10 Ways WWE Could Revive The Attitude Era (Even With A PG Rating)
2. Be Different
"Every wrestler these days just has to get their sh*t in," is a common complaint not entirely without merit. So much of the current generation possess unprecedented physical gifts that, naturally, they want to show them off in an attempt to get themselves over. That's what getting over is: exploiting your talent to forge a connection with the crowd. But are too many performers over-doing it, risking both their health and their unique selling points?
Restraint isn't a word typically associated with the Attitude Era, admittedly, but a less-is-more approach may benefit those unable to escape its immense shadow. Kevin Owens excelled throughout the summer of 2017 as a sociopathic brawler. His quest to nigh-on murder Shane McMahon was immensely believable because he dispensed with the comedy and, in an absorbing Hell In A Cell match, reflected the renewed focus of his character with a brutal, stripped-back arsenal.
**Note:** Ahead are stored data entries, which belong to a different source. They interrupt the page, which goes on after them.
/// What it says behind those of `check`.
pub const AFTER_CHECK: &str = "\
    Nothing is executed. Of a file that is read, tables say of each access where it\n\
    is in the file, what it does, by what it counts as marked, its address, its\n\
    size, its watch word, and at which indices it looks for watchpoints; of each\n\
    variable its type, its address and its initial value; and how much the file\n\
    uses of what is limited. Of a file that is refused, standard error says what\n\
    'kcsan_litmus step' says of it, and then where, by line and column, and why,\n\
    with a mark under the place and with what was expected there. For example\n\
    \n\
    \x20\x20\x20\x20kcsan_litmus check race.litmus\n\
    \n\
    says that the two accesses of race.litmus are on the same four bytes,\n\
    \n\
    \x20\x20\x20\x20kcsan_litmus check --print first.litmus second.litmus\n\
    \n\
    also prints each program as it is read; with several files each has its tables\n\
    under its name, those that are refused are skipped, and the last line says how\n\
    many are read; and\n\
    \n\
    \x20\x20\x20\x20kcsan_litmus check --calls\n\
    \n\
    lists the calls that are read in litmus files.\n\
    \n\
    'kcsan_litmus step --help' says what a schedule and a place list are. Where one\n\
    is malformed, a second line on standard error says which of its items is.\n\
    \n\
    Exit status: 0 each file is read; 64 usage, or a schedule or a place list that\n\
    is malformed or doesn't suit a file; 65 a file is refused; 66 a file can't be\n\
    read; 71 out of memory; 74 output can't be written. Of several files the\n\
    greatest status counts. From 64 on standard error says why, and up to 71\n\
    nothing goes to standard output, but that with several files the tables of\n\
    those that are read do where others are refused or can't be read.";

/// What `FILE` is, where there is one.
pub const FILE: Help = Help {
    brief: "The litmus file, or - for standard input",
    full: "The litmus file, or - for standard input",
};

/// What `FILE..` are.
pub const FILES: Help = Help {
    brief: "Litmus files, - for standard input, or @LIST",
    full: "\
        Litmus files; - is standard input, and @LIST stands for the files\n\
        that LIST names, one a line",
};
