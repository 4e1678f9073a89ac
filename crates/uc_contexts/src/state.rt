//! Contexts: engines of one code, each with its own spill words and log.
ghost use Rattle.std.specs.Prelude.{◌≡◌, ◌+◌, ◌*◌, ◌<◌, ◌≤◌, ◌^◌, All, IfOk, Some, length, slice_get, slice_index_or};
ghost use Rattle.nv_base.specs.Log.{Log, empty_log};
ghost use Rattle.uc_isa.specs.Engine.{start};
ghost use Rattle.uc_contexts.specs.Turns.{AreFresh, base_of, kept_writes, starting, started};
ghost use Rattle.uc_contexts.specs.declared.state.Context.{Context};

use nv_base::{NoMemory, Outcome, SOURCE_SCRATCH, Words, WriteLog};
use std::alloc::Global;
use std::marker::Model;
use uc_isa::{Code, Engine};

/// How many writes each context's log keeps.
const KEPT_WRITES: u32 = 64;

/// How many words of scratch each context has for itself.
const SPILL_WORDS: u32 = 128;

/// One context: its engine, how its run stands, and the log of its writes.
#[derive(Drop)]
pub struct Context {
    pub engine: Engine,
    pub outcome: Outcome,
    pub log: WriteLog,
}

/// Contexts by number. Contracts see their list.
#[derive(Drop)]
pub struct Contexts {
    pub(crate) list: Vec<Context>,
}

impl Model for Contexts {
    ghost use Rattle.std.specs.Prelude.{List};
    ghost use Rattle.uc_contexts.specs.declared.state.Context.{Context};

    ghost Value = { List Context };

    ghost view = { λ c. c.list.items };
}

// The context with this number before its first step.
fn start_context(alloc: Global, number: u32, args: &Words) -> Result<Context, NoMemory>
    requires { number < 4 }
    ensures { IfOk result (λ x. x ≡ starting number args.now) }
{
    let log = WriteLog::new(alloc, KEPT_WRITES)?;
    Ok(Context {
        engine: Engine::start(args.list(), SOURCE_SCRATCH + SPILL_WORDS * number),
        outcome: Outcome::Going,
        log,
    })
}

impl Contexts {
    /// Contexts before their first steps, one for each list of arguments. The words of scratch that context i has for
    /// itself begin at 512 + 128 * i.
    pub fn new(alloc: Global, c: &Code, args: &[Words]) -> Result<Contexts, NoMemory>
        requires some { 1 ≤ length args.now }
        requires few { length args.now ≤ 4 }
        requires arguments { All (λ words. length words ≡ c.now.params) args.now }
        ensures made { IfOk result (λ e. e ≡ started args.now) }
        ensures fresh { IfOk result (AreFresh c.now) }
        ensures number { IfOk result (λ e. length e ≡ length args.now) }
    {
        let mut list = Vec::new(alloc);
        for (number, words) in args.iter().enumerate() {
            list.push(start_context(alloc, number as u32, words)?)?;
        }
        Ok(Contexts { list })
    }

    /// How the run of a context stands.
    pub fn outcome(&self, i: u8) -> Outcome
        requires { i < length self.now }
        ensures { (x : Context) → slice_get self.now i ≡ Some x → result ≡ x.outcome }
    {
        self.list[i as usize].outcome
    }

    /// The log of a context's writes.
    pub fn log(&self, i: u8) -> &WriteLog
        requires { i < length self.now }
        ensures { (x : Context) → slice_get self.now i ≡ Some x → result.now ≡ x.log }
    {
        &self.list[i as usize].log
    }
}
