//! Up to four contexts that run one code on one packet by a schedule, and when they can't disturb one another.
#![tactic(auto)]

mod addresses;
mod alone;
mod bits;
mod compare;
pub mod laws;
mod schedule;
mod state;

pub use addresses::AddressSet;
pub use alone::{Marks, footprint};
pub use compare::shared;
pub use schedule::run_schedule;
pub use state::{Context, Contexts};
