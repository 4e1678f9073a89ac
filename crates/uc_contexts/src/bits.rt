//! Sets of numbers, a bit for each.
ghost use Rattle.std.specs.Prelude.{◌≡◌, ◌+◌, ◌%◌, ◌<◌, ◌≤◌, ℕ, false, IfOk};
ghost use Rattle.uc_contexts.specs.Sets.{Numbers, Adds, has};

use nv_base::NoMemory;
use std::alloc::Global;
use std::marker::Model;

/// A set of numbers below a size, with a bit for each. Contracts see the size, and which numbers it has.
#[derive(Drop)]
pub struct Bits {
    size: u32,
    words: Vec<u32>,
}

impl Model for Bits {
    ghost use Rattle.uc_contexts.specs.Sets.{Numbers, AreNumbers};

    ghost Value = { Numbers };

    ghost view = { λ b. record { size = b.size; words = b.words.items } };

    ghost invariant = { λ b. AreNumbers (record { size = b.size; words = b.words.items }) };
}

impl Bits {
    /// None of the numbers below a size.
    pub fn new(alloc: Global, size: u32) -> Result<Bits, NoMemory>
        ensures size { IfOk result (λ b. b.size ≡ size) }
        ensures empty { IfOk result (λ b. (x : ℕ) → has b x ≡ false) }
    {
        let words = vec![in alloc; 0; size as usize / 32 + 1]?;
        Ok(Bits { size, words })
    }

    /// The numbers are below this size.
    pub fn size(&self) -> u32
        ensures size { result ≡ self.now.size }
        ensures within { (x : ℕ) → self.now.size ≤ x → has self.now x ≡ false }
    {
        self.size
    }

    /// Whether a number is in the set; one from the size on never is.
    pub fn contains(&self, x: u32) -> bool
        ensures { result ≡ has self.now x }
    {
        match self.words.get(x as usize / 32) {
            Some(word) => (*word >> (x % 32)) & 1 == 1,
            None => false,
        }
    }

    // Puts a number into the set.
    fn insert(&mut self, x: u64)
        requires { x < self.old.size }
        ensures size { self.new.size ≡ self.old.size }
        ensures has { Adds self.old (λ y. y ≡ x) self.new }
    {
        self.words[(x / 32) as usize] |= 1 << (x % 32);
    }

    // Puts so many numbers whose bits stand in one word into the set, from a first one on.
    fn insert_within(&mut self, first: u64, count: u64)
        requires some { 1 ≤ count }
        requires one_word { first % 32 + count ≤ 32 }
        requires below { first + count ≤ self.old.size }
        ensures size { self.new.size ≡ self.old.size }
        ensures has { Adds self.old (λ y. (first ≤ y) × (y < first + count)) self.new }
    {
        let from = u32::MAX << (first % 32);
        let below = u32::MAX >> (32 - (first % 32 + count));
        self.words[(first / 32) as usize] |= from & below;
    }

    // Puts so many numbers into the set one by one, from a first one on.
    fn insert_each(&mut self, first: u64, count: u64)
        requires { first + count ≤ self.old.size }
        ensures size { self.new.size ≡ self.old.size }
        ensures has { Adds self.old (λ y. (first ≤ y) × (y < first + count)) self.new }
    {
        // The check has to be told that the size fits its type.
        let _size = self.size;
        for x in first..first + count {
            self.insert(x);
        }
    }

    /// Puts so many numbers into the set, from a first one on.
    pub fn insert_from(&mut self, first: u64, count: u64)
        requires { first + count ≤ self.old.size }
        ensures size { self.new.size ≡ self.old.size }
        ensures has { Adds self.old (λ y. (first ≤ y) × (y < first + count)) self.new }
    {
        if count == 0 {
            return;
        }
        if count <= 32 && first % 32 <= 32 - count {
            self.insert_within(first, count);
        } else {
            self.insert_each(first, count);
        }
    }
}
Months later, and Owens has defaulted to the man of many moods and many moves. Much like WWE creative, much of the audience is at a loss: how are we to take a character like Kevin Owens?
Perhaps Owens isn't the only performer requiring discipline. In the Attitude Era, roles weren't limited as such, but they were better-defined. Austin and Rock brawled. Chris Benoit and Kurt Angle put the sweetness into the science. The doubles division acts fused high-flying with weapons-based brutality. Each was marketed as unique, and wrestled uniquely, crafting individually eclectic and awesome - and disciplined - cards on the whole.
Everybody dives. Where's the agent intervention, or the wrestlers' own sense of ego, putting an end to the almost politeness of it all?